TASK DIRECTIONS:
Find and copy the lines in the records beneath this task that contain the word "Rattle".

DATA:
-*-*-
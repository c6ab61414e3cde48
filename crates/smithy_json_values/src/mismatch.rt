//! Refusals that tell whether what comes is of another type than the wanted one: it doesn't begin as a value of the kind does.

ghost use Rattle.std.specs.Prelude.{◌≡◌, ◌≤◌, ◌==◌, ◌||◌, length, drop, true, if◌then◌else◌};
ghost use Rattle.std.specs.List.{prefix_len};
ghost use Rattle.smithy_json_grammar.specs.Ascii.{decimal_point, is_e};
ghost use Rattle.smithy_json_values.specs.Codec.{held_settings};
ghost use Rattle.smithy_json_values.specs.Standing.{without_ws};
ghost use Rattle.smithy_json_values.specs.TypeMismatch.{begins_by, begins_with_true, begins_with_false, begins_as_string, begins_as_number, begins_as_instant, is_signed_digit, begins_as_no_integer, integer_mismatches, scalar_mismatches};
ghost use Rattle.smithy_schema.specs.Errors.{FindsNone, TellsType};
ghost use Rattle.smithy_wire.specs.Finding.{told, told_as};

use crate::instants::{string_form, takes_seconds};
use smithy_json_grammar::scan::skip_blanks;
use smithy_json_settings::Settings;
use smithy_schema::{Scalar, SerdeError, TimestampFormat};

/// Whether `true` comes first.
pub fn begins_with_true(bytes: &[u8]) -> bool
    ensures { result ≡ begins_with_true bytes.now }
{
    match bytes {
        [t, r, u, e, ..] => *t == b't' && *r == b'r' && *u == b'u' && *e == b'e',
        _ => false,
    }
}

/// Whether `false` comes first.
pub fn begins_with_false(bytes: &[u8]) -> bool
    ensures { result ≡ begins_with_false bytes.now }
{
    match bytes {
        [f, a, l, s, e, ..] => *f == b'f' && *a == b'a' && *l == b'l' && *s == b's' && *e == b'e',
        _ => false,
    }
}

fn begins_as_string(bytes: &[u8]) -> bool
    ensures { result ≡ begins_as_string bytes.now }
{
    match bytes {
        [first, ..] => *first == b'"',
        [] => false,
    }
}

/// Whether a minus or a digit comes first.
pub fn begins_as_number(bytes: &[u8]) -> bool
    ensures { result ≡ begins_as_number bytes.now }
{
    match bytes {
        [first, ..] => *first == b'-' || first.is_ascii_digit(),
        [] => false,
    }
}

// Whether a fraction or an exponent comes.
fn begins_as_fraction(bytes: &[u8]) -> bool
    ensures { result ≡ begins_by (λ b. (b == decimal_point) || is_e b) bytes.now }
{
    match bytes {
        [first, ..] => matches!(*first, b'.' | b'e' | b'E'),
        [] => false,
    }
}

fn is_signed_digit(byte: u8) -> bool
    ensures { result ≡ is_signed_digit byte }
{
    byte.is_ascii_digit() || byte == b'-' || byte == b'+'
}

// How many digits and signs come first.
fn signed_digits(bytes: &[u8]) -> usize
    ensures value { result ≡ prefix_len is_signed_digit bytes.now }
    ensures within { result ≤ length bytes.now }
{
    let mut count = 0;
    while count < bytes.len() && is_signed_digit(bytes[count]) {
        count += 1;
    }
    count
}

// Whether no digit and no sign comes first, or a fraction or an exponent behind them.
fn begins_as_no_integer(rest: &[u8]) -> bool
    ensures { result ≡ begins_as_no_integer rest.now }
{
    let run = signed_digits(rest);
    run == 0 || begins_as_fraction(&rest[run..])
}

// Whether no integer begins so, where integers are told so.
fn is_no_integer(rest: &[u8], settings: &Settings) -> bool
    ensures { result ≡ integer_mismatches (held_settings settings.now) rest.now }
{
    !(settings.enforce_strictness || settings.allow_integral_float_numbers)
        && begins_as_no_integer(rest)
}

// Whether an instant may begin so at a place with this form or none.
fn begins_as_instant(rest: &[u8], time: Option<TimestampFormat>, settings: &Settings) -> bool
    ensures { result ≡ begins_as_instant (held_settings settings.now) time rest.now }
{
    (takes_seconds(settings, time) && begins_as_number(rest))
        || (string_form(settings, time).is_some() && begins_as_string(rest))
}

// Whether bytes behind blanks begin as no scalar of the kind does, at a place with this form of instants or none.
fn is_mismatch(
    rest: &[u8],
    kind: Scalar,
    time: Option<TimestampFormat>,
    settings: &Settings,
) -> bool
    ensures { result ≡ scalar_mismatches (held_settings settings.now) kind time rest.now }
{
    match kind {
        Scalar::Boolean => !begins_with_true(rest) && !begins_with_false(rest),
        Scalar::String | Scalar::Blob => !begins_as_string(rest),
        Scalar::BigInteger | Scalar::BigDecimal => {
            !begins_as_number(rest) && !begins_as_string(rest)
        }
        Scalar::Timestamp => !begins_as_instant(rest, time, settings),
        Scalar::Byte | Scalar::Short | Scalar::Integer | Scalar::Long => {
            is_no_integer(rest, settings)
        }
    }
}

// A refusal of a scalar at the offset, as it is told.
#[inline(never)]
fn told_refusal(
    error: SerdeError,
    input: &[u8],
    at: usize,
    kind: Scalar,
    time: Option<TimestampFormat>,
    settings: &Settings,
) -> SerdeError
    requires { at ≤ length input.now }
    ensures { result ≡ told_as (scalar_mismatches (held_settings settings.now) kind time (without_ws (drop at input.now))) error }
{
    let SerdeError::InvalidInput = error else {
        return error;
    };
    if is_mismatch(&input[skip_blanks(input, at)..], kind, time, settings) {
        SerdeError::TypeMismatch
    } else {
        SerdeError::InvalidInput
    }
}

/// The answer of a read of a scalar at the offset, as it is told. What was read passes through.
#[inline(always)]
pub fn told<T: Drop>(
    answer: Result<T, SerdeError>,
    input: &[u8],
    at: usize,
    kind: Scalar,
    time: Option<TimestampFormat>,
    settings: &Settings,
) -> Result<T, SerdeError>
    requires { at ≤ length input.now }
    ensures { result ≡ told (scalar_mismatches (held_settings settings.now) kind time (without_ws (drop at input.now))) answer }
{
    match answer {
        Ok(value) => Ok(value),
        Err(error) => Err(told_refusal(error, input, at, kind, time, settings)),
    }
}

/// The refusal where no object begins at the offset, and a structure or a union is due: where nothing comes, a structure isn't
/// refused by its type.
pub fn no_object(input: &[u8], at: usize, is_structure: bool) -> SerdeError
    requires { at ≤ length input.now }
    ensures told { TellsType (if is_structure then begins_by (λ b. true) (without_ws (drop at input.now)) else true) result }
    ensures fault { FindsNone result }
{
    if !is_structure {
        return SerdeError::TypeMismatch;
    }
    if skip_blanks(input, at) == input.len() {
        SerdeError::InvalidInput
    } else {
        SerdeError::TypeMismatch
    }
}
-*-*-
ANSWER BOX:
ghost use Rattle.std.specs.Prelude.{◌≡◌, ◌≤◌, ◌==◌, ◌||◌, length, drop, true, if◌then◌else◌};
ghost use Rattle.std.specs.List.{prefix_len};
ghost use Rattle.smithy_json_grammar.specs.Ascii.{decimal_point, is_e};
ghost use Rattle.smithy_json_values.specs.Codec.{held_settings};
ghost use Rattle.smithy_json_values.specs.Standing.{without_ws};
ghost use Rattle.smithy_json_values.specs.TypeMismatch.{begins_by, begins_with_true, begins_with_false, begins_as_string, begins_as_number, begins_as_instant, is_signed_digit, begins_as_no_integer, integer_mismatches, scalar_mismatches};
ghost use Rattle.smithy_schema.specs.Errors.{FindsNone, TellsType};
ghost use Rattle.smithy_wire.specs.Finding.{told, told_as};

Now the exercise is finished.